No AC. When we were in the Unit we had the Front Door and lanai door open with the fans going. Good cross breeze. Would not want to be here in the summer. The 2 Bedroom Units are on the 3rd Floor. No elevators. The 2nd Bedroom is actually an Open Loft.

Tomorrow we move to the Point at Poipu for 2 weeks. Oh to have AC and a Clothes Washer and Dryer in the Unit. There is a Laundy Room at Kapa'a Shores. Worldmark Owners are entitled to one free load a day. The Front Desk gives you the coins.

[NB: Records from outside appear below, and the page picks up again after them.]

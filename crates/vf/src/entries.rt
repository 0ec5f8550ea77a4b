// What the tables of a VF file hold.

// A local font: its number, the font below, and its size as a fix_word's four bytes.
#[derive(Clone, Copy, Default)]
pub struct Local {
    pub number: u32,
    pub font: u16,
    pub size: u32,
}

// A packet: where in the file its bytes start, how many they are, and its width as a fix_word's four bytes.
// A place and a length, not a slice, since the tables outlive the borrow of the file.
#[derive(Clone, Copy)]
pub struct Packet {
    pub start: usize,
    pub length: usize,
    pub width: u32,
}
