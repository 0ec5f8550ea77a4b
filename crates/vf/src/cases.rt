// Worked files: what the rule of VF files comes to on a small file and on broken ones.
ghost use Rattle.vf.specs.Cases.{WorkedFiles};

#[tactic(auto, unfolding(crate::specs::Files::walk, crate::specs::Files::vf_of, shelf::specs::Names::found_in))]
pub fn worked_files()
    ensures { WorkedFiles }
{}
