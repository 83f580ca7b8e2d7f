//! The law of joined histories: the legal histories of queues that follow each other, joined one after another, are one
//! legal history, of a queue that is never full.
//!
//! A queue follows another one after that one was shut, and a group goes on to a queue after it was handed all items of the
//! queue before. The items of the joined history have the places of the whole row. With a bound (`Bounded`, `Narrow`) each
//! queue has the bound as its capacity; the joined history is then that of one queue with this capacity, each Full among it.
//!
//! `cc_switch` cites these laws of what a pass has seen. `cc_row` has the laws of real time, over all interleavings of the
//! threads of a row.
#![tactic(auto)]

ghost use Rattle.cc_joined.specs.Joined.{JoinedAccepts, JoinedHandsInOrder, JoinedIsLegal, JoinedSendsAreLegal, JoinedTakesAreLegal};
ghost use Rattle.cc_joined.specs.Bounded.{BoundedHasRoom, BoundedIsLegal, BoundedSendsAreLegal, FullOfTheLastIsRight, HandedAreCounted, WaitingIsEnough};
ghost use Rattle.cc_joined.specs.Narrow.{LastPlaceCounts, NarrowSendHasRoom};

/// The joined calls of a row have the answers of one sequential queue, which is never full and never used up.
#[tactic(auto, using(crate::proofs::Joined::joined_is_legal, crate::proofs::Joined::joined_sends, crate::proofs::Joined::joined_takes))]
pub fn joined_is_legal()
    ensures legal { JoinedIsLegal }
    ensures sends { JoinedSendsAreLegal }
    ensures takes { JoinedTakesAreLegal }
{}

/// The items that a group was handed are a prefix of those that the row accepted.
#[tactic(auto, using(crate::proofs::Joined::joined_hands_in_order))]
pub fn joined_hands_in_order()
    ensures { JoinedHandsInOrder }
{}

/// The row accepted exactly the items of its queues, in their order.
#[tactic(auto, using(crate::proofs::Joined::joined_accepts))]
pub fn joined_accepts()
    ensures { JoinedAccepts }
{}

/// The joined calls of a row with a bound have the answers of one sequential queue with this capacity.
#[tactic(auto, using(crate::proofs::Bounded::bounded_is_legal, crate::proofs::Bounded::bounded_sends, crate::proofs::Bounded::bounded_room))]
pub fn bounded_is_legal()
    ensures legal { BoundedIsLegal }
    ensures sends { BoundedSendsAreLegal }
    ensures room { BoundedHasRoom }
{}

/// Each Full of the last queue is right for the whole row.
#[tactic(auto, using(crate::proofs::Bounded::full_right, crate::proofs::Bounded::handed_counted))]
pub fn bounded_full_is_right()
    ensures right { FullOfTheLastIsRight }
    ensures handed { HandedAreCounted }
{}

/// A row keeps its bound if each queue accepts nothing before every group is done with the queues before it.
#[tactic(auto, using(crate::proofs::Bounded::waiting_enough))]
pub fn waiting_is_enough()
    ensures { WaitingIsEnough }
{}

/// The place of the item that was accepted last shows how many items the queue has accepted. So the place shows that the row
/// had room for the item while a group was at the queue before.
pub fn narrow_send_has_room()
    ensures counts { LastPlaceCounts }
    ensures room { NarrowSendHasRoom }
{}
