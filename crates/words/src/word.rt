// What became of a turn: the rules in their order, or the refusals 14 and 20.
ghost use Rattle.std.specs.Prelude.{◌≡◌, Some};
ghost use Rattle.theory.specs.Word.{byte_of, refusal};
ghost use Rattle.words.specs.Words.{word_of, shown};

use std::fmt;

#[derive(Clone, Copy, PartialEq, Eq)]
pub enum Word {
    Idle,
    Back,
    Step,
    End,
    Final,
    Wait,
    BadTicket,
    Stuck,
}

impl Word {
    // The byte of a turn that was refused.
    pub const NONE: u8 = 6;

    // 0 to 5 in the order of the rules, and NONE.
    #[tactic(auto, unfolding(theory::specs::Word::byte_of, crate::specs::Words::word_of))]
    pub fn byte(self) -> u8
        ensures { result ≡ byte_of (word_of self) }
    {
        match self {
            Word::Idle => 0,
            Word::Back => 1,
            Word::Step => 2,
            Word::End => 3,
            Word::Final => 4,
            Word::Wait => 5,
            Word::BadTicket | Word::Stuck => Word::NONE,
        }
    }

    // Document 01's number of a refusal; 0 where the turn was taken.
    #[tactic(auto, unfolding(theory::specs::Word::refusal, crate::specs::Words::word_of))]
    pub fn refusal(self) -> u8
        ensures { result ≡ refusal (word_of self) }
    {
        match self {
            Word::Idle | Word::Back | Word::Step | Word::End | Word::Final | Word::Wait => 0,
            Word::BadTicket => 14,
            Word::Stuck => 20,
        }
    }
}

// A refusal shows its number.
impl fmt::Display for Word {
    ghost output = { λ w. Some (shown w) };

    #[tactic(auto, unfolding(theory::specs::Word::refusal, theory::specs::Word::word_text, crate::specs::Words::word_of))]
    fn fmt<W: fmt::Write>(&self, f: &mut fmt::Formatter<W>) -> fmt::Result {
        match self {
            Word::Idle => write!(f, "idle"),
            Word::Back => write!(f, "back"),
            Word::Step => write!(f, "step"),
            Word::End => write!(f, "end"),
            Word::Final => write!(f, "final"),
            Word::Wait => write!(f, "wait"),
            Word::BadTicket | Word::Stuck => write!(f, "{}", self.refusal()),
        }
    }
}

We will probably spend time at Kauai Coffee and have lunch either at a Food Truck or Brennecke's. Or perhaps at the Shack attached to the side of Sueoka Store in Koloa. They have great Loco Moco.

Tom and Patti


----------



## slip (Jan 25, 2022)

We actually looked at a couple of condos there that were for sale. No a/c was tough there. The buildings just aren't angled well to pick up the trade winds and there are times when the trades die on that side of the island. Not to mention they were really expensive and had high maintenance fees. 

The Point will seeming like a Palace. Totally different experience down there. Enjoy the rest of your stay. I'll be on Kauai next week Tuesday for work. We'll go down to the Harbor Mall for lunch since it's close to work.


----------